(Task requirements)
Retype, word for word, each line between the lines holding "result ≡ nothing_known" and "profiles; else nothing.", inclusive, and leave the rest of the data alone.

(Listed records)
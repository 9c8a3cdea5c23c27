//! What the heads of a unit tell of its profiles.

ghost use Rattle.std.specs.Prelude.{◌≡◌, ◌↔◌, List, map, IsTrue, IfOk};
ghost use Rattle.aa_base.specs.Kinds.{IsRefusal};
ghost use Rattle.aa_words.specs.Splits.{WordData, words_data};
ghost use Rattle.aa_model.specs.declared.policy.Policy.{Policy};
ghost use Rattle.aa_policy.specs.Spelling.{Spells};
ghost use Rattle.aa_diagnostics.specs.Further.{HasWords};
ghost use Rattle.aa_skipped.specs.Heads.{outline, head_of, nothing_known, known_by, HasNoOutline, AreHeadsOf};

use crate::bodies::without_bodies;
use crate::flags::without_flags;
use aa_base::{PolicyFault, PolicyKind, Seq};
use aa_files::Unit;
use aa_load::sources_of;
use aa_model::{Policy, Profile};
use aa_policy::parse;
use aa_skipping::{Head, Unread};
use aa_text::NoMemory;
use aa_words::{WordList, words};
use std::alloc::{AllocError, Global};

/// The words outside of bodies, without flags.
fn outline_of<'s>(alloc: Global, list: &WordList<'s>) -> Result<WordList<'s>, AllocError>
    ensures { IfOk result (λ kept. words_data kept.list.items ≡ outline (words_data list.entry.now.list.items)) }
{
    let outside = without_bodies(alloc, list.list.as_slice())?;
    let kept = without_flags(alloc, outside.as_slice())?;
    Ok(WordList {
        list: kept,
        end: list.end,
    })
}

fn head_of(profile: Profile) -> Head
    ensures { result ≡ head_of profile }
{
    let Profile {
        name,
        attachments,
        ..
    } = profile;
    Head { name, attachments }
}

fn heads_of(alloc: Global, profiles: Vec<Profile>) -> Result<Vec<Head>, AllocError>
    ensures { IfOk result (λ heads. heads.items ≡ map head_of profiles.items) }
{
    let mut heads = Vec::new(alloc);
    for profile in profiles {
        heads.push(head_of(profile))?;
    }
    Ok(heads)
}

/// Profiles with the heads of these, and no others.
fn known_by(alloc: Global, policy: Policy) -> Result<Unread, AllocError>
    ensures { IfOk result (λ unread. unread ≡ known_by policy.profiles) }
{
    let Policy { profiles, .. } = policy;
    Ok(Unread {
        heads: Seq::from_vec(heads_of(alloc, profiles.into_vec())?),
        others: false,
    })
}

/// Any profiles.
pub(crate) fn nothing_known(alloc: Global) -> Unread
    ensures { result ≡ nothing_known }
{
    Unread {
        heads: Seq::from_vec(Vec::new(alloc)),
        others: true,
    }
}

/// The policy that the outline of a unit's words spells.
fn outline_policy(alloc: Global, unit: &Unit) -> Result<Policy, PolicyFault>
    ensures spelled { IfOk result (λ policy. (ws : List WordData) × HasWords unit.now ws × Spells (outline ws) policy) }
    ensures refused { IsRefusal result → HasNoOutline unit.now }
{
    let sources = sources_of(alloc, unit)?;
    let list = words(alloc, &sources, unit.text.as_slice())?;
    let outline = outline_of(alloc, &list)?;
    parse(alloc, &outline)
}

fn is_want_of_memory(fault: PolicyFault) -> bool
    ensures { IsTrue result ↔ (fault.kind ≡ PolicyKind.NoMemory) }
{
    fault.kind == PolicyKind::NoMemory
}

/// What is known of a unit's profiles: where the words of its text outside of bodies, without flags, spell a policy, the heads of that one's
/// profiles; else nothing.
pub fn unread_of(alloc: Global, unit: &Unit) -> Result<Unread, NoMemory>
    ensures { IfOk result (λ unread. AreHeadsOf unit.now unread) }
{
    match outline_policy(alloc, unit) {
        Ok(policy) => Ok(known_by(alloc, policy)?),
        Err(fault) => {
            if is_want_of_memory(fault) {
                return Err(NoMemory);
            }
            Ok(nothing_known(alloc))
        }
    }
}
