//! Which files are read, and which are skipped.

ghost use Rattle.std.specs.Prelude.{◌≡◌, ◌≢◌, ◌↔◌, ◌++◌, IsTrue, IfOk, OnOk};
ghost use Rattle.aa_base.specs.declared.fault.PolicyKind.TheVariants.{NoMemory as WantOfMemory};
ghost use Rattle.aa_files.specs.Texts.{texts};
ghost use Rattle.aa_files.specs.UnitFaults.{IsLoadFault};
ghost use Rattle.aa_load.specs.UnitPolicy.{limit_of, IsFaultOfUnit};
ghost use Rattle.aa_command.specs.Setting.{setting_of, IsLoaded};
ghost use Rattle.aa_skipped.specs.Sorting.{IsGood, IsRefusedUnit, IsUnreadable, IsFound, units_in, skipped_in, AreSorted};

use crate::heads::{nothing_known, unread_of};
use crate::skipped::{Found, Skipped, Sorted};
use aa_base::{PolicyFault, PolicyKind};
use aa_command::Settings;
use aa_diagnostics::{describe, fault_of_unit};
use aa_files::{Tree, Unit, UnitFault, load};
use aa_load::compile_unit;
use aa_text::NoMemory;
use std::alloc::{AllocError, Global};

fn is_want_of_memory(fault: PolicyFault) -> bool
    ensures { IsTrue result ↔ (fault.kind ≡ WantOfMemory) }
{
    fault.kind == PolicyKind::NoMemory
}

/// A file whose unit is refused with that fault; none for want of memory.
fn skip_unit<T: Tree>(
    alloc: Global,
    tree: &T,
    settings: &Settings<'_>,
    unit: &Unit,
    fault: PolicyFault,
    path: &[u8],
) -> Result<Skipped, NoMemory>
    ensures path { IfOk result (λ k. k.path.items ≡ path.now) }
    ensures refused { IfOk result (λ k. (fault.kind ≢ WantOfMemory → IsFaultOfUnit (limit_of settings.now.states) unit.now fault)
        → IsRefusedUnit (setting_of (T.files tree.now) (T.taken tree.now) (T.input tree.now) settings.now) unit.now k) }
{
    if is_want_of_memory(fault) {
        return Err(NoMemory);
    }
    let said = describe(alloc, settings.folders, settings.states, unit, fault)?;
    let unread = unread_of(alloc, unit)?;
    Ok(Skipped {
        path: Vec::from_slice(alloc, path)?,
        fault: said,
        unread,
    })
}

/// A file that can't be read.
fn skip_unreadable<T: Tree>(
    alloc: Global,
    tree: &T,
    settings: &Settings<'_>,
    fault: UnitFault,
    path: &[u8],
) -> Result<Skipped, NoMemory>
    ensures path { IfOk result (λ k. k.path.items ≡ path.now) }
    ensures unreadable { IfOk result (λ k. (fault ≢ UnitFault.NoMemory → IsLoadFault (T.files tree.now) (T.input tree.now) (setting_of (T.files tree.now) (T.taken tree.now) (T.input tree.now) settings.now).folders path.now fault)
        → IsUnreadable (setting_of (T.files tree.now) (T.taken tree.now) (T.input tree.now) settings.now) path.now k) }
{
    let (said, _) = fault_of_unit(alloc, fault)?;
    Ok(Skipped {
        path: Vec::from_slice(alloc, path)?,
        fault: said,
        unread: nothing_known(alloc),
    })
}

fn find_unit<T: Tree>(
    alloc: Global,
    tree: &T,
    settings: &Settings<'_>,
    unit: Unit,
    path: &[u8],
) -> Result<Found, NoMemory>
    ensures { IfOk result (λ f. IsLoaded (setting_of (T.files tree.now) (T.taken tree.now) (T.input tree.now) settings.now) path.now unit
        → IsFound (setting_of (T.files tree.now) (T.taken tree.now) (T.input tree.now) settings.now) path.now f) }
{
    match compile_unit(alloc, &unit, settings.states) {
        Ok(_) => Ok(Found::Read(unit)),
        Err(fault) => Ok(Found::Left(skip_unit(alloc, tree, settings, &unit, fault, path)?)),
    }
}

fn find<T: Tree>(
    alloc: Global,
    tree: &T,
    settings: &Settings<'_>,
    path: &[u8],
) -> Result<Found, NoMemory>
    ensures { IfOk result (λ f. IsFound (setting_of (T.files tree.now) (T.taken tree.now) (T.input tree.now) settings.now) path.now f) }
{
    match load(alloc, tree, settings.folders, path) {
        Ok(unit) => find_unit(alloc, tree, settings, unit, path),
        Err(fault) => Ok(Found::Left(skip_unreadable(alloc, tree, settings, fault, path)?)),
    }
}

pub(crate) fn put(sorted: &mut Sorted, found: Found) -> Result<(), AllocError>
    ensures units { OnOk result (sorted.new.units.items ≡ sorted.old.units.items ++ units_in found) }
    ensures skipped { OnOk result (sorted.new.skipped.items ≡ sorted.old.skipped.items ++ skipped_in found) }
{
    match found {
        Found::Read(unit) => sorted.units.push(unit)?,
        Found::Left(skipped) => sorted.skipped.push(skipped)?,
    }
    Ok(())
}

/// Reads the files at these paths, with all that they include. Those that are refused, for what cause ever, are skipped, with their fault
/// as `check` tells it.
pub fn sort_paths<T: Tree>(
    alloc: Global,
    tree: &T,
    settings: &Settings<'_>,
    paths: &[Vec<u8>],
) -> Result<Sorted, NoMemory>
    ensures { IfOk result (λ sorted. AreSorted (setting_of (T.files tree.now) (T.taken tree.now) (T.input tree.now) settings.now) (texts paths.now) sorted.units.items sorted.skipped.items) }
{
    let mut sorted = Sorted {
        units: Vec::new(alloc),
        skipped: Vec::new(alloc),
    };
    for path in paths {
        let found = find(alloc, tree, settings, path.as_slice())?;
        put(&mut sorted, found)?;
    }
    Ok(sorted)
}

(Answer)
    ensures { result ≡ nothing_known }
{
    Unread {
        heads: Seq::from_vec(Vec::new(alloc)),
        others: true,
    }
}

/// The policy that the outline of a unit's words spells.
fn outline_policy(alloc: Global, unit: &Unit) -> Result<Policy, PolicyFault>
    ensures spelled { IfOk result (λ policy. (ws : List WordData) × HasWords unit.now ws × Spells (outline ws) policy) }
    ensures refused { IsRefusal result → HasNoOutline unit.now }
{
    let sources = sources_of(alloc, unit)?;
    let list = words(alloc, &sources, unit.text.as_slice())?;
    let outline = outline_of(alloc, &list)?;
    parse(alloc, &outline)
}

fn is_want_of_memory(fault: PolicyFault) -> bool
    ensures { IsTrue result ↔ (fault.kind ≡ PolicyKind.NoMemory) }
{
    fault.kind == PolicyKind::NoMemory
}

/// What is known of a unit's profiles: where the words of its text outside of bodies, without flags, spell a policy, the heads of that one's
/// profiles; else nothing.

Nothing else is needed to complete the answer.